◆ **Task item**: Go through the entries and copy every one exactly.

◆ **Record excerpts**:
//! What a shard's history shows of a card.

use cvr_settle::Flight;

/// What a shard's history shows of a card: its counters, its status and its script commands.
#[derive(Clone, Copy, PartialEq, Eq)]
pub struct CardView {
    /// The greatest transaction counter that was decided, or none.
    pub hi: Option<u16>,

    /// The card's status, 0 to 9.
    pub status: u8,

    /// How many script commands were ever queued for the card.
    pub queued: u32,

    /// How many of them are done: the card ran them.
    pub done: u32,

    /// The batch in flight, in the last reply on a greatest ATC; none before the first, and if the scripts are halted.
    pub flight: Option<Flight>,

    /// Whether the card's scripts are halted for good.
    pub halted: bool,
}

◆ **The completed task**:
//! What a shard's history shows of a card.

use cvr_settle::Flight;

/// What a shard's history shows of a card: its counters, its status and its script commands.
#[derive(Clone, Copy, PartialEq, Eq)]
pub struct CardView {
    /// The greatest transaction counter that was decided, or none.
    pub hi: Option<u16>,

    /// The card's status, 0 to 9.
    pub status: u8,

    /// How many script commands were ever queued for the card.
    pub queued: u32,

    /// How many of them are done: the card ran them.
    pub done: u32,

    /// The batch in flight, in the last reply on a greatest ATC; none before the first, and if the scripts are halted.
    pub flight: Option<Flight>,

    /// Whether the card's scripts are halted for good.
    pub halted: bool,
}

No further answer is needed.